-- DATA FOR PROCESSING follows --
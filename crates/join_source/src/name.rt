ghost use Rattle.std.specs.Prelude.{◌≡◌};
ghost use Rattle.target_names.specs.Names.{is_name};
ghost use Rattle.join_source.specs.Names.{is_member_name, is_netcdf};

use file_names::last_segment;
use target_names::is_name;

/// Whether these bytes are the name of a netCDF file, as a target may have it.
#[tactic(auto, unfolding(crate::specs::Names::is_member_name))]
pub fn is_member_name(name: &[u8]) -> bool
    ensures { result ≡ is_member_name name.now }
{
    is_name(name) && is_netcdf(name)
}

#[tactic(auto, unfolding(crate::specs::Names::is_netcdf))]
fn is_netcdf(name: &[u8]) -> bool
    ensures { result ≡ is_netcdf name.now }
{
    let segment = last_segment(name);
    segment.len() > 3 && segment.ends_with(b".nc")
}
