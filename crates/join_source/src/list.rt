ghost use Rattle.std.specs.Prelude.{◌≡◌, ◌≢◌, ◌≤◌, ◌+◌, ◌-◌, ◌∷◌, ◌++◌, ◌&&◌, ◌<◌, [], Err, IfErr, IfOk, IsTrue, Ok, OnOk, drop, false, length, nat_lt, take};
ghost use Rattle.join_source.specs.Lists.{lines_from, list_of, names_from, without_return};
ghost use Rattle.join_source.specs.Names.{is_member_name};
ghost use Rattle.join_source.specs.declared.refusal.ListRefusal.TheVariants.{Memory};

use crate::ListRefusal;
use crate::name::is_member_name;
use dap_types::{Bytes, List, limits};
use std::alloc::Global;

/// The most bytes of a list.
const MOST_BYTES: usize = limits::MOST_PIECE;
/// The most lines of a list.
const MOST_LINES: usize = limits::MOST_LINES;

/// The names in a list of files, a name a line, as `list_of` has them.
///
/// # Errors
///
/// The first cause of `list_of`, or `Memory` where memory was wanted.
#[tactic(auto, unfolding(crate::specs::Lists::list_of))]
pub fn read_list(alloc: Global, bytes: &[u8]) -> Result<List<Bytes>, ListRefusal>
    ensures names { IfOk result (λ names. list_of bytes.now ≡ Ok names) }
    ensures first_cause { IfErr result (λ e. e ≢ Memory → list_of bytes.now ≡ Err e) }
{
    if bytes.len() > MOST_BYTES {
        return Err(ListRefusal::TooLong);
    }
    let mut names = List::new(alloc);
    let mut start = 0;
    for k in 0..bytes.len() {
        start = step(alloc, &mut names, bytes, start, k)?;
    }
    push_rest(alloc, &mut names, &bytes[start..])?;
    some_of(names)
}

/// Where the line begins in which the byte behind `k` stands, if byte `k` stands in one that begins at `start`. Puts the
/// name in a line that ends at `k` behind the others.
fn step(
    alloc: Global,
    names: &mut List<Bytes>,
    bytes: &[u8],
    start: usize,
    k: usize,
) -> Result<usize, ListRefusal>
    requires within { k < length bytes.now }
    requires start { start ≤ k }
    requires few { length names.old < 65 }
    ensures start { IfOk result (λ next. next ≤ k + 1) }
    ensures few { OnOk result (length names.new < 65) }
    ensures same { IfOk result (λ next. names_from names.new (lines_from (take (k + 1 - next) (drop next bytes.now)) (drop (k + 1) bytes.now)) ≡ names_from names.old (lines_from (take (k - start) (drop start bytes.now)) (drop k bytes.now))) }
    ensures first_cause { IfErr result (λ e. e ≢ Memory → names_from names.old (lines_from (take (k - start) (drop start bytes.now)) (drop k bytes.now)) ≡ Err e) }
{
    if bytes[k] != b'\n' {
        return Ok(start);
    }
    match push_name(alloc, names, without_return(&bytes[start..k])) {
        Ok(()) => Ok(k + 1),
        Err(refusal) => Err(refusal),
    }
}

/// Puts the name in a last line that the end of the list ends, if there is one.
fn push_rest(alloc: Global, names: &mut List<Bytes>, line: &[u8]) -> Result<(), ListRefusal>
    requires { length names.old < 65 }
    ensures same { OnOk result (names_from names.new [] ≡ names_from names.old (lines_from line.now [])) }
    ensures first_cause { IfErr result (λ e. e ≢ Memory → names_from names.old (lines_from line.now []) ≡ Err e) }
{
    if line.is_empty() {
        return Ok(());
    }
    push_name(alloc, names, line)
}

/// The names, if there are some.
#[tactic(auto, unfolding(crate::specs::Lists::names_from))]
fn some_of(names: List<Bytes>) -> Result<List<Bytes>, ListRefusal>
    ensures { names_from names [] ≡ result }
{
    if names.items().is_empty() {
        return Err(ListRefusal::BadLine { line: 1 });
    }
    Ok(names)
}

/// A line without the carriage return at its end.
fn without_return(line: &[u8]) -> &[u8]
    ensures { result.now ≡ without_return line.now }
{
    if line.ends_with(b"\r") {
        return &line[..line.len().saturating_sub(1)];
    }
    line
}

/// Puts the name in a line behind the others.
fn push_name(alloc: Global, names: &mut List<Bytes>, line: &[u8]) -> Result<(), ListRefusal>
    requires { length names.old < 65 }
    ensures name { OnOk result (IsTrue (is_member_name line.now && nat_lt (length names.old) 64) × (names.new ≡ names.old ++ line.now ∷ [])) }
    ensures first_cause { IfErr result (λ e. e ≢ Memory → (e ≡ ListRefusal.BadLine (length names.old + 1)) × ((is_member_name line.now && nat_lt (length names.old) 64) ≡ false)) }
{
    let number = names.items().len();
    if number >= MOST_LINES || !is_member_name(line) {
        return Err(ListRefusal::BadLine {
            line: number as u32 + 1,
        });
    }
    names.push(Bytes::new(alloc, line)?)?;
    Ok(())
}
-- DATA FOR PROCESSING concluded --
_WHAT THIS TASK INVOLVES_
Go through the lines above. Select every one that has the string "length".

_RESULT FOR THIS TASK_
ghost use Rattle.std.specs.Prelude.{◌≡◌, ◌≢◌, ◌≤◌, ◌+◌, ◌-◌, ◌∷◌, ◌++◌, ◌&&◌, ◌<◌, [], Err, IfErr, IfOk, IsTrue, Ok, OnOk, drop, false, length, nat_lt, take};
    requires within { k < length bytes.now }
    requires few { length names.old < 65 }
    ensures few { OnOk result (length names.new < 65) }
    requires { length names.old < 65 }
    requires { length names.old < 65 }
    ensures name { OnOk result (IsTrue (is_member_name line.now && nat_lt (length names.old) 64) × (names.new ≡ names.old ++ line.now ∷ [])) }
    ensures first_cause { IfErr result (λ e. e ≢ Memory → (e ≡ ListRefusal.BadLine (length names.old + 1)) × ((is_member_name line.now && nat_lt (length names.old) 64) ≡ false)) }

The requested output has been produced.